Why I believe Tesla still secretly uses CNNs in FSD12 (and not just Transformers)
Last night, my wife and I were having dinner at friends, when suddenly, out of the blue, one of them said:
— "Hey! About your email from yesterday..."
— "My email?" I asked confused. "You're reading these?" (mentioning my daily emails)
— "Yes! I'm 100% with Yann LeCun. I know you're on Elon Musk team, admit it."
Oh, I hoped he didn't make me pick. But if I have to... YES! I'M WITH ELON MUSK! MWAHAHAHAHA!
Except today!
Well, I don't know about their current feud, but one thing particularly interested me in the CNN/Transformer fight.

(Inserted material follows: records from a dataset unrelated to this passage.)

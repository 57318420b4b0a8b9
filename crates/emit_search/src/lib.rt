// The search: a judgment is looked up, or proved by the first rule of its predicate all of whose premises are proved one level deeper.
#![tactic(auto)]

pub mod failed;
pub mod known;
pub mod prove;
pub mod rules;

Let me give you some context:
Now this interests me.
Why "we don't use CNNs much these days?" Is this true? Is it really all Transformers? And are all these people on Twitter saying it's just Transformers complete idiots?
In this article, I am going to tell you who I think is right, and more importantly, I'm going to explain why it's Yann LeCun, and why Tesla will still use CNNs...
Ready?
First, my research is based on Tesla's conferences, the AI Day 2021 and 2022, and CVPR 2023 — and you can find lots of details on my blog posts on Tesla's HydraNet, Tesla's Occupancy Network, and Tesla's End-To-End Architecture.

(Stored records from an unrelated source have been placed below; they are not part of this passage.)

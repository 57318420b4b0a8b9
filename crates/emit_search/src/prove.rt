// `prove` and `chain`, as document 01 names them, and what stands between: one rule, and its premises.
ghost use Rattle.std.specs.Prelude.{[], ◌-◌, ◌≤◌, ◌<◌};
ghost use Rattle.emission.specs.Prove.{prove as proving, chain as chaining, by_rule};
ghost use Rattle.emit_state.specs.Holding.{lends, levels, Asked, Answers, Lined};
ghost use Rattle.emit_search.specs.Trying.{deeper, finishing, AskedByRule, AnswersRule, AskedAll, AnswersAll};

use crate::failed::{Depth, gives_up, note_failed};
use crate::known::{known, remember};
use crate::rules::{first_rule, next_rule};
use base::limit::Limit;
use emit_premises::premises::Premises;
use emit_premises::rule::premises;
use emit_state::places::Places;
use emit_state::standing::{Proved, Standing};
use emit_words::state::write_step;

// Judgment `j` at a depth: what has a line is asked first; below the last level nothing is tried, nor what failed before.
pub fn prove(
    pack: &[u8],
    work: &mut [u32],
    words: &mut [u32],
    proof: &mut [u8],
    l: Places,
    m: Standing,
    j: u32,
    depth: u32,
) -> Proved
    requires { Asked (lends pack.now work.old words.old proof.old) l m j × (depth ≤ levels) }
    ensures { Answers (lends pack.now work.old words.old proof.old) (lends pack.now work.new words.new proof.new) l m j (λ w. proving (levels - depth) w.setting w.hyps j) result }
{
    match known(work, l, j) {
        Some(n) => {
            return Proved::Line(m, n);
        }
        None => {}
    }
    if gives_up(work, l, m.failed, j, depth) {
        return Proved::Fails(m);
    }
    match chain(pack, work, words, proof, l, m, j, depth) {
        Proved::Line(t, n) => Proved::Line(remember(work, l, t, j, n), n),
        Proved::Fails(t) => {
            note_failed(work, l, m.text, t, j, depth);
            Proved::Fails(t)
        }
        Proved::Refused(x) => Proved::Refused(x),
    }
}

// Judgment `j` by the first rule of its predicate that proves it.
#[cycle(by_rule_chain_prove_all_prove_premise)]
pub fn chain(
    pack: &[u8],
    work: &mut [u32],
    words: &mut [u32],
    proof: &mut [u8],
    l: Places,
    m: Standing,
    j: u32,
    depth: u32,
) -> Proved
    requires { Asked (lends pack.now work.old words.old proof.old) l m j × (depth < levels) }
    ensures answer { Answers (lends pack.now work.old words.old proof.old) (lends pack.now work.new words.new proof.new) l m j (λ w. chaining w.setting (deeper w depth) j) result }
    ensures line { Lined result }
{
    let mut r = first_rule(work, words, l, m.store, j);
    let mut t = m;
    loop {
        if Limit::RULES as u32 <= r {
            break Proved::Fails(t);
        }
        match by_rule(pack, work, words, proof, l, t, j, r, depth) {
            Proved::Line(u, n) => {
                break Proved::Line(u, n);
            }
            Proved::Refused(x) => {
                break Proved::Refused(x);
            }
            Proved::Fails(u) => {
                t = u;
            }
        }
        r = next_rule(work, l, r);
    }
}

// Judgment `j` by rule `r`: its premises in their order, one level deeper, then its line.
#[cycle(by_rule_chain_prove_all_prove_premise)]
fn by_rule(
    pack: &[u8],
    work: &mut [u32],
    words: &mut [u32],
    proof: &mut [u8],
    l: Places,
    m: Standing,
    j: u32,
    r: u32,
    depth: u32,
) -> Proved
    requires { AskedByRule (lends pack.now work.old words.old proof.old) l m j r × (depth < levels) }
    ensures answer { AnswersRule (lends pack.now work.old words.old proof.old) (lends pack.now work.new words.new proof.new) l m j r (λ w. by_rule w.setting (deeper w depth) j r) result }
    ensures line { Lined result }
{
    let mut qs = [0; Limit::PREMISES];
    match premises(pack, work, words, l, m, j, r, &mut qs) {
        Err(x) => Proved::Refused(x),
        Ok(Premises::Lacks(t)) => Proved::Fails(t),
        Ok(Premises::Built(t, n)) => prove_all(
            pack,
            work,
            words,
            proof,
            l,
            t,
            j,
            r,
            &mut qs[0..n],
            depth,
        ),
    }
}

// The same of a premise: what has one caller is put into its frame, so a level of the search has one frame, whoever calls `prove` or `chain`.
#[cycle(by_rule_chain_prove_all_prove_premise)]
fn prove_premise(
    pack: &[u8],
    work: &mut [u32],
    words: &mut [u32],
    proof: &mut [u8],
    l: Places,
    m: Standing,
    j: u32,
    depth: u32,
) -> Proved
    requires { Asked (lends pack.now work.old words.old proof.old) l m j × (depth ≤ levels) }
    ensures { Answers (lends pack.now work.old words.old proof.old) (lends pack.now work.new words.new proof.new) l m j (λ w. proving (levels - depth) w.setting w.hyps j) result }
{
    match known(work, l, j) {
        Some(n) => {
            return Proved::Line(m, n);
        }
        None => {}
    }
    if gives_up(work, l, m.failed, j, depth) {
        return Proved::Fails(m);
    }
    match chain(pack, work, words, proof, l, m, j, depth) {
        Proved::Line(t, n) => Proved::Line(remember(work, l, t, j, n), n),
        Proved::Fails(t) => {
            note_failed(work, l, m.text, t, j, depth);
            Proved::Fails(t)
        }
        Proved::Refused(x) => Proved::Refused(x),
    }
}

// The premises `qs` of rule `r` in their order; each gives way to its line. Then the rule's own line.
#[cycle(by_rule_chain_prove_all_prove_premise)]
fn prove_all(
    pack: &[u8],
    work: &mut [u32],
    words: &mut [u32],
    proof: &mut [u8],
    l: Places,
    m: Standing,
    j: u32,
    r: u32,
    qs: &mut [u32],
    depth: u32,
) -> Proved
    requires { AskedAll (lends pack.now work.old words.old proof.old) l m j qs.old × (depth < levels) }
    ensures answer { AnswersAll (lends pack.now work.old words.old proof.old) (lends pack.now work.new words.new proof.new) l m j qs.old (λ w. finishing w.setting (deeper w depth) j r qs.old []) result }
    ensures line { Lined result }
{
    let mut t = m;
    for i in 0..qs.len() {
        match prove_premise(pack, work, words, proof, l, t, qs[i], depth + 1) {
            Proved::Line(u, k) => {
                t = u;
                qs[i] = k;
            }
            Proved::Fails(u) => {
                return Proved::Fails(u);
            }
            Proved::Refused(x) => {
                return Proved::Refused(x);
            }
        }
    }
    write_step(pack, work, words, proof, l, t, j, r, qs)
}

And in all of these, they share essentially the Perception, done with both a HydraNet (for lane & objects) and an Occupancy Net (for 3D occupancy & flow).
These modules are plugged together with a Deep Planner in an end-to-end fashion.
The question I want to answer is...
"Do either of these use Convolutions?"
Let's see:
Does the HydraNet use convolutions?
Here is the latest available architecture for the HydraNet (as a reminder, the HydraNet is a network that has multiple heads, each head capable of solving one task, you can find more details in my HydraNet course):
You can notice 3 key parts:
- In blue, feature extraction using RegNets
- In green, a Transformer based fusion
- In red, the heads doing the prediction (objects, lanes, ...)
And of course, most of it is Transformer based now...
Except one part:
The RegNet& FPNs!
Inside RegNets
RegNet (RNN-Regulated Residual Networks) is the algorithm doing feature extraction, and when looking at the paper, they tell you it's a ConvRNN based feature extractor they use heavily.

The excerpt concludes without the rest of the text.